Mas ficaram as leituras, erráticas e boas, e pelo menos uma descoberta sensacional: Alice Munro, a contista canadense que ganhou o último Prêmio Nobel. Li Ódio, amizade, namoro, amor, casamento (Biblioteca Azul) – uma coletânea com nove histórias longas – e gostei muito. Um olhar feminino realista, a um tempo delicado e impiedoso, sobre os desastres da vida em comum e os desconcertos em família. No impulso, já comprei da mesma autora, em formato digital, Vida querida (Companhia) – são dez contos, mais quatro relatos autobiográficos.
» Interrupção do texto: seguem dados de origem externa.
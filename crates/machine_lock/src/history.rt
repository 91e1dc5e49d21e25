//! What a pass knows. No value of these types is made but of `Origin`: proofs alone speak of them.
use crate::chronicle::Meaning;
use atomic_table::TableRule;
use mach_types::Entry;
use std::collections::LinkedList;
use std::snapshot::Snapshot;

/// The machine as it was put in, and the number of parts.
#[derive(Drop)]
pub struct Origin<M> {
    pub start: Snapshot<M>,
    pub seats: u8,
}

/// Where a pass stands.
pub enum Stage {
    /// It has no ticket.
    Away,
    /// It has this ticket, counted without wrapping.
    Waiting(u64),
    /// Its ticket is served: the turn is out.
    Served(u64),
}

/// What a pass knows of the history, and its share in the turnstile.
pub struct View<M> {
    /// What its turnstile was made of; `None` in a pass that was joined into another.
    pub origin: Option<Origin<M>>,
    /// The log as it last saw it.
    pub seen: LinkedList<Entry>,
    /// What a pass that was joined into it had seen, until the next look.
    pub other: LinkedList<Entry>,
    /// The numbers of the entries of its own turns, and of those of the passes joined into it.
    pub mine: LinkedList<u64>,
    /// Its parts of the right to close the turnstile.
    pub parts: u64,
    /// Where it stands.
    pub stage: Stage,
}

/// The rule of the turnstile.
pub struct Law;

impl<M: Meaning> TableRule<Option<M>, View<M>, Origin<M>> for Law {
    ghost use Rattle.machine_lock.specs.Rule.{Kept};
    ghost use Rattle.machine_lock.specs.Views.{opening_view};

    ghost holds = { λ k s. Kept M.setting M.log M.next k s };

    ghost first = { λ k. opening_view M.log k };
}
Será minha reserva de cabeceira e viagem. Para sair um pouco da ficção, mergulhei numa ótima e bem documentada biografia de Engels – Comunista de casaca (Record), do historiador inglês Tristam Hunt. Friedrich Engels formou com Karl Marx a dupla filosófica mais célebre do mundo desde Platão e Sócrates, com conse­quências igualmente impactantes na história do mundo, mas pouco se fala dele, com as barbas sempre à sombra de Marx. A ironia do título se deve ao fato de que Engels era o rico da dupla, herdeiro de uma empresa de têxteis que, entre bebedeiras de juventude e estudos incansáveis, acabou por sustentar o projeto filosófico do chamado "socialismo científico". O livro narra como o talentoso e bem-humorado filho de um rígido capitalista protestante deslocou-se da metafísica cristã para a metafísica do Estado, que haveria de nos redimir a todos no paraíso comunista.

Já outro livro, este de memórias – O rei se inclina e mata (Biblioteca Azul) – da romena Herta Müller, Nobel de 2009, é uma viagem intimista e sombria ao socialismo real de Ceausescu, o ditador que devastou a Romênia de 1965 até que o executassem em 1989. Nos ensaios, escritos com uma prosa de uma aguda simplicidade, ela explora em círculos os seus caminhos para manter intacta a consciência de si num Estado de terror e vigilância permanentes, em que a única porta do paraíso é a fuga. Herta Müller, de quem eu já havia lido o excepcional romance O compromisso, fez desta luta o centro de sua literatura, não como um espelho pessoal, mas como uma torturante indagação dos nossos limites e valores.